> _PROBLEM DESCRIPTION_: Lines in which "that" appears should be pulled from the data below.

START GIVEN DATA

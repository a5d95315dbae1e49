//! The page size of a file, and what its header says.
#![tactic(auto)]

mod finds;
mod headers;
mod scores;

pub use finds::{Found, GeoFault, Origin, find_geometry};
pub use headers::{Header, read_header};

#[cfg(test)]
mod tests;
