// The frames of the pattern.
ghost use Rattle.std.specs.Prelude.{◌≡◌, IfSome};
ghost use Rattle.loop_station_words.specs.Shapes.{IsShape, shape_geometry, shape_in, shape_said};

use crate::cut::cut;
use crate::ring::RingSize;
use loop_record::{Geometry, PixelFormat};
use loop_script::geometry_in;

/// What frames look like, and how fast they come.
#[derive(Clone, Copy, Debug, PartialEq, Eq)]
pub struct FrameShape {
    /// Luma samples in a row.
    pub width: u32,
    /// Rows of luma.
    pub height: u32,
    /// The order of the planes of a frame.
    pub format: PixelFormat,
    /// Frames in `rate_den` seconds.
    pub rate_num: u32,
    /// Seconds in which there are `rate_num` frames.
    pub rate_den: u32,
}

impl FrameShape {
    /// The geometry of a store for such frames, with this ring.
    pub fn geometry(&self, ring: RingSize) -> Geometry
        ensures { result ≡ shape_geometry self.now ring }
    {
        Geometry {
            width: self.width,
            height: self.height,
            format: self.format,
            rate_num: self.rate_num,
            rate_den: self.rate_den,
            segments: ring.segments,
            slots: ring.slots,
        }
    }
}

/// The shape that a text names, `WxH FORMAT N:D`, such as `640x480 YM12 25:1`; `None` where it can't be read, or no
/// store may have such frames.
pub fn read_shape(text: &str) -> Option<FrameShape>
    ensures shape { IfSome result IsShape }
    ensures said { result ≡ shape_said text.now }
{
    let (size, rest) = cut(text, ' ')?;
    let (width, height) = cut(size, 'x')?;
    let (format, rate) = cut(rest, ' ')?;
    shape_in(width, height, format, rate)
}

// The shape that four words name.
fn shape_in(width: &str, height: &str, format: &str, rate: &str) -> Option<FrameShape>
    ensures shape { IfSome result IsShape }
    ensures said { result ≡ shape_in width.now height.now format.now rate.now }
{
    let geometry = geometry_in(width, height, format, rate, "2", "1")?;
    if geometry.check().is_err() {
        return None;
    }
    Some(FrameShape {
        width: geometry.width,
        height: geometry.height,
        format: geometry.format,
        rate_num: geometry.rate_num,
        rate_den: geometry.rate_den,
    })
}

END GIVEN DATA

> _FINAL ANSWER_:
/// The shape that a text names, `WxH FORMAT N:D`, such as `640x480 YM12 25:1`; `None` where it can't be read, or no
// The shape that four words name.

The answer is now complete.